B1. Responsive content
Highly user-responsive elements of the live web, such as applications, scripts, structured data, and time-based media, are especially challenging to Archive-It’s “Standard” web crawler to capture completely, which has cascading negative impact on archived web instances’ behavior and appearance.
It is generally suggested that NYARC QA Technicians first attempt to capture content using the “Standard” crawler, and to subsequently make use of the Brozzler crawler if the initial capture is significantly lacking in completeness, especially for user-responsive, time-based or other client-side content (e.g. scripts that display images and other dynamic content which changes based on user input).
It remains NYARC’s responsibility to determine on a crawl-by-crawl basis precisely how much improvement to an incomplete capture can be achieved through the available methods of scope adjustment, patch crawling, or Archive-It intervention.
The challenge of completely capturing web instances with responsive elements is to crawl all possible permutations of the instance that these elements enable human web browsers to generate.
Corey Davis’s “simple” diagram (left) demonstrates how many moving parts must in fact be completely captured and synchronized in order to render the modest-looking browsing function on the University of Victoria’s Colonial Despatches website (right).
Insofar as all content required to render these permutations is made available by the host (the server) to the crawler (the client), complete capture and accurate rendition is generally feasible.
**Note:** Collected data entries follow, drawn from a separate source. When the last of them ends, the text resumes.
//! The edit list of a track.

ghost use Rattle.std.specs.Prelude.{◌≡◌, IfErr, IfOk, IfSome, Ok, Result, ℕ};
ghost use Rattle.std.specs.declared.option.Option.{Option};
ghost use Rattle.mp4_frame.specs.FourCC.{four_cc_of};
ghost use Rattle.mp4_frame.specs.Reading.{Fault};
ghost use Rattle.mp4_frame.specs.declared.codes.TheConstants as names;
ghost use Rattle.mp4_movie.specs.Problems.{Problem, Records};
ghost use Rattle.mp4_movie.specs.Reads.{IsReadAs, or_fault, some_of};
ghost use Rattle.mp4_samples.specs.Edits.{AreEdits, Faults};
ghost use Rattle.mp4_tables.specs.declared.elst.ElstBox.{ElstBox};
ghost use Rattle.mp4_inspect_samples.specs.EditParts.{AreEditParts, ArePartsBy, edit_list_of, edits_by};
ghost use Rattle.mp4_inspect_samples.specs.EditParts.{movie_timescale};

use mp4_flat::MvhdBox;
use mp4_frame::FourCC;
use mp4_frame::codes::{EDTS, ELST, MVHD};
use mp4_io::{Failure, or_read, read_failure};
use mp4_movie::{BoxError, first_in, read_at};
use mp4_samples::{EditFault, Edits};
use mp4_tables::ElstBox;
use mp4_walk::{BoxWalk, Source, TreeBox};
use std::alloc::Global;

/// The edit list of a track, and the timescales of its times.
#[derive(Debug, Drop)]
pub struct EditParts {
    /// The edit list, if the track has one.
    pub list: Option<ElstBox>,
    /// The timescale of the movie, in ticks a second.
    pub movie_timescale: u32,
    /// The timescale of the media, in ticks a second.
    pub media_timescale: u32,
}

/// Returns the timescale in `header`.
fn timescale_in(header: &MvhdBox) -> u32
    ensures { result ≡ header.now.timescale }
{
    header.timescale
}

/// Returns the timescale of a movie. `movie` begins with the boxes inside its `moov`.
fn movie_timescale<S: Source>(
    alloc: Global,
    walk: &mut BoxWalk<S>,
    movie: &[TreeBox],
) -> Result<Result<u32, BoxError>, Failure>
    ensures value { IfSome walk.old.bytes (λ file. IfOk result (λ r. Records r (movie_timescale file movie.now))) }
    ensures kept { walk.new ≡ walk.old }
{
    let Some(place) = first_in(movie, 1, MVHD) else {
        return Ok(Err(BoxError::Missing {
            code: FourCC::from(MVHD),
        }));
    };
    match read_at::<MvhdBox, S>(alloc, walk, &place.found) {
        Ok(Ok(header)) => Ok(Ok(timescale_in(&header))),
        Ok(Err(error)) => Ok(Err(BoxError::Fault {
            code: FourCC::from(MVHD),
            position: place.found.position,
            error,
        })),
        Err(error) => Err(read_failure(&error)),
    }
}

/// Returns the edit list `read`, which is at `position`, or its fault.
fn list_in(read: mp4_frame::Result<ElstBox>, position: u64) -> Result<Option<ElstBox>, BoxError>
    ensures { (r : Result ElstBox Fault) → IsReadAs read r
        → Records result (some_of (or_fault (four_cc_of names.ELST) position r)) }
{
    match read {
        Ok(list) => Ok(Some(list)),
        Err(error) => Err(BoxError::Fault {
            code: FourCC::from(ELST),
            position,
            error,
        }),
    }
}

/// Returns the edit list of a track, or `None` if it has none. `trak` begins with the boxes inside its `trak`.
fn edit_list_of<S: Source>(
    alloc: Global,
    walk: &mut BoxWalk<S>,
    trak: &[TreeBox],
) -> Result<Result<Option<ElstBox>, BoxError>, Failure>
    ensures value { IfSome walk.old.bytes (λ file. IfOk result (λ r. Records r (edit_list_of file trak.now))) }
    ensures kept { walk.new ≡ walk.old }
{
    let Some(edits) = first_in(trak, 2, EDTS) else {
        return Ok(Ok(None));
    };
    let Some(place) = first_in(edits.after, 3, ELST) else {
        return Ok(Ok(None));
    };
    let read = or_read(read_at::<ElstBox, S>(alloc, walk, &place.found))?;
    Ok(list_in(read, place.found.position))
}

/// Returns the parts of an edit list, or the first reason why one of them can't be read.
fn parts_by(
    movie: Result<u32, BoxError>,
    media: Result<u32, BoxError>,
    list: Result<Option<ElstBox>, BoxError>,
) -> Result<EditParts, BoxError>
    ensures { (m : Result ℕ Problem) (l : Result (Option ElstBox) Problem) → Records movie m → Records list l
        → ArePartsBy m media l result }
{
    let movie_timescale = movie?;
    let media_timescale = media?;
    let list = list?;
    Ok(EditParts {
        list,
        movie_timescale,
        media_timescale,
    })
}

/// Returns the edit list of a track with the timescales of the movie and of the media, or the first reason why one of
/// them can't be read. `movie` begins with the boxes inside the `moov`, and `trak` with those inside the `trak`.
/// `media` is the timescale of the media.
pub fn edit_parts<S: Source>(
    alloc: Global,
    walk: &mut BoxWalk<S>,
    movie: &[TreeBox],
    trak: &[TreeBox],
    media: Result<u32, BoxError>,
) -> Result<Result<EditParts, BoxError>, Failure>
    ensures value { IfSome walk.old.bytes
        (λ file. IfOk result (λ parts. AreEditParts file movie.now trak.now media parts)) }
    ensures kept { walk.new ≡ walk.old }
{
    let scale = movie_timescale(alloc, walk, movie)?;
    let list = edit_list_of(alloc, walk, trak)?;
    Ok(parts_by(scale, media, list))
}

/// Returns the edit list that has the parts `parts`. The error says what is wrong with it.
pub fn edits_by(parts: &EditParts) -> Result<Edits<'_>, EditFault>
    ensures ok { IfOk result (λ edits. edits ≡ edits_by parts.now) }
    ensures usable { IfOk result (λ _. AreEdits (edits_by parts.now)) }
    ensures err { IfErr result (Faults (edits_by parts.now)) }
{
    Edits::new(
        parts.list.as_ref(),
        parts.movie_timescale,
        parts.media_timescale,
    )
}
Problems occur when the client is instead required to perform an action in order to provide information that dynamically generates novel content--a uniquely human-interactive process that web crawlers like Heritrix are not designed to perform. Manifestations of this problem in an archival environment take the form of dysfunctional navigational tools, unresponsive data querying tools and management systems, and partially- or nonfunctional time-based media applications.
Client-side scripts
Every attempt to capture embedded client-side scripts like JavaScript from a live web instance must be made prior to seeking assistance from Archive-It, by way of scope adjustment and patch crawling. Follow the guidelines for iteratively activating, detecting, and patch crawling missing dynamic content before concluding that no more missing content can be captured without third party intervention. All such failures to patch crawl missing content must be reported on the QA report form, after which the Head, Web Archiving Program may determine whether the significant properties of the web instance that NYARC desires to archive require further corrective actions.
Server-side scripts
Server-side scripting languages like PHP or ASP.NET present fewer challenges to accessing and capturing web content than do client-side, but require careful scoping and management. Archive-It’s “Standard” crawler can activate iterative URLs from among database and content management systems that rely on server-side scripts, though sometimes to the point that those iterations effectively become a crawler trap.
To most efficiently capture web presences laden with server-side scripting language, follow the guidelines for identifying and mitigating the effects of excessive undesired content.
Externally hosted applications
For information specific to applications and services external to the host seed(s) of a given crawl, such as video and digital publishing applications, refer to Archive-It’s guidelines for scoping specific types of sites.
Social media
Social media services (i.e. Facebook, Twitter, Instagram, Pinterest, etc.), their respective account pages and embedded feeds and widgets, fall in many cases outside of NYARC’s collecting scope. Certain key exceptions include multimedia content (YouTube, SoundCloud, and Vimeo) which is frequently made available on websites in NYARC’s collections, including the sites of the institutions that comprise NYARC.
That being said, capturing unnecessarily large and/or extraneous video and audio content is generally not advisable from the point of view of data budgeting. In light of this consideration, decisions should be made on a case-by-case basis, through consultation with the Head, Web Archiving Program, as to the desirability of capturing multimedia and/or other social-media content on a given website or seed (as long as the bar of current technical feasibility for capturing that particular host has been met, which can be determined by checking Archive-It’s System Status page).